Convened by Moisés Kopper and  Daniela Linkevicius de Andrade, Institute of Development Policy, University of Antwerp

Data has become critical to shaping governance, participation, and development. Globally, questions of who produces data, how it circulates, and whose knowledge counts are deeply entangled with struggles over representation, accountability, and social justice. As predictive technologies and digital infrastructures reconfigure the space of official and grassroots numbers, datafication redistributes power and resources while transforming imaginaries of citizenship, mobility, and development futures.

In close dialogue with the Data in Practice seed panel, which experiments with situated forms of local data production, this harvest panel turns a wider lens on how such practices intersect with larger data regimes. We invite contributions that trace the triangulation of actors and institutions, informational flows, and contested futures of (digital) development, examining how governments, corporations, international organizations, and local communities interact within emerging data ecosystems. The panel seeks to connect innovations in citizen science and community data with critical analyses of how official statistics, infrastructures, and predictive models shape and are shaped by those practices.

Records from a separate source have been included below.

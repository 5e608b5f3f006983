// The texts of the answers by their names.

// A text of an answer. It is printed as it is, but for `N`, the next number, `E`, the next number or `none`, and `H`, the next as a byte.
#[derive(Clone, Copy)]
pub(crate) struct Text(pub(crate) &'static [u8]);

impl Text {
    pub(crate) const ACCEPTED: Text = Text(b"accepted");

    pub(crate) const REFUSED: Text = Text(b"refused N");

    pub(crate) const REFUSED_AT: Text = Text(b"refused N N");

    pub(crate) const MALFORMED: Text = Text(b"?");

    pub(crate) const SET: Text = Text(b"set");

    pub(crate) const LENT: Text = Text(b"lent N");

    pub(crate) const BUFFER: Text = Text(b"buffer N");

    pub(crate) const ROOM: Text = Text(b"room N");

    pub(crate) const FRESH: Text = Text(b"fresh");

    pub(crate) const WRITTEN: Text = Text(b"written");

    pub(crate) const VALUE: Text = Text(b"value N");

    pub(crate) const SELECTED: Text = Text(b"selected");

    pub(crate) const WAITING: Text = Text(b"waiting");

    pub(crate) const IDLE: Text = Text(b"idle");

    pub(crate) const SILENT: Text = Text(b"silent");

    pub(crate) const OPEN: Text = Text(b"open H");

    pub(crate) const MORE: Text = Text(b"more");

    pub(crate) const SUCCESS: Text = Text(b"success");

    pub(crate) const FAILURE: Text = Text(b"failure");

    pub(crate) const STATUS: Text = Text(b"status HH");

    pub(crate) const SENDING: Text = Text(b"sending");

    pub(crate) const NONE: Text = Text(b"none");

    pub(crate) const COMPLETED: Text = Text(b"completed");

    pub(crate) const FAILED: Text = Text(b"failed");

    pub(crate) const AHEAD: Text = Text(b"ahead N");

    pub(crate) const IGNORED: Text = Text(b"ignored");

    pub(crate) const STARTED: Text = Text(b"started");

    pub(crate) const DONE: Text = Text(b"done N");

    pub(crate) const BROKEN: Text = Text(b"broken");

    pub(crate) const PID: Text = Text(b"pid H");

    pub(crate) const CHECKSUM: Text = Text(b"checksum H");

    pub(crate) const ID: Text = Text(b"id N");

    pub(crate) const HOLDS: Text = Text(b"holds");

    pub(crate) const SHORT: Text = Text(b"short N");

    // Up to eight bytes, each number of them with a text of its own.
    pub(crate) const BYTES: [Text; 9] = [
        Text(b"bytes"),
        Text(b"bytes H"),
        Text(b"bytes H H"),
        Text(b"bytes H H H"),
        Text(b"bytes H H H H"),
        Text(b"bytes H H H H H"),
        Text(b"bytes H H H H H H"),
        Text(b"bytes H H H H H H H"),
        Text(b"bytes H H H H H H H H"),
    ];

    pub(crate) const RESPONSE: Text = Text(b"response H H H H H H H H");

    // What is shown.
    pub(crate) const PENDING: Text = Text(b"pending");

    pub(crate) const PENDING_FRAME: Text = Text(b" N");

    pub(crate) const FRAMES: Text = Text(b"frames");

    pub(crate) const OUT: Text = Text(b"out");

    pub(crate) const TAKEN: Text = Text(b"taken");

    pub(crate) const STATE: Text = Text(b"state wait N entry E request E open");

    pub(crate) const OPEN_NOTHING: Text = Text(b" nothing");

    pub(crate) const OPEN_FRAME: Text = Text(b" frame N");

    pub(crate) const OPEN_REQUEST: Text = Text(b" request");

    pub(crate) const OPEN_RESPONSE: Text = Text(b" response");

    pub(crate) const STATE_TRANSFER: Text = Text(
        b" count N bytes H H H H H H H H H written N message",
    );

    pub(crate) const MESSAGE_NONE: Text = Text(b" none");

    pub(crate) const MESSAGE_SENDING: Text = Text(b" sending N N N");

    pub(crate) const MESSAGE_COMPLETED: Text = Text(b" completed");

    pub(crate) const MESSAGE_FAILED: Text = Text(b" failed");

    pub(crate) const STATE_STATUS: Text = Text(b" status N N N H");

    pub(crate) const ASSEMBLY_NONE: Text = Text(b"assembly none");

    pub(crate) const ASSEMBLY: Text = Text(b"assembly N N N N");

    pub(crate) const RECEIVED: Text = Text(b"received");

    pub(crate) const RECEIVED_PLACEMENT: Text = Text(b" N N");

    pub(crate) const END: Text = Text(b"\n");
}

We particularly welcome work that probes the intersections and tensions between top-down and bottom-up quantification regimes, including digital activism and grassroots knowledge practices. Contributions may address how numbers are produced, circulated, appropriated, and standardized; how modeling, metrics, and predictive systems reshape lived realities, collective imaginaries, and demographic futures; and how they give rise to new forms of governance, inequality, and resistance.

Methodological reflections are also central. How can the multidimensionality of data be studied across scales? What innovative approaches might bridge official and grassroots perspectives and grasp their human and non-human ramifications?

By convening diverse methods and disciplines, this panel advances dialogue on the possibilities and limits of datafication in shaping citizenship, migration, governance, knowledge, and alternative development futures. Alongside the seed panel, it offers spaces of exchange—connecting local data production and experimentation with broader critiques of data regimes.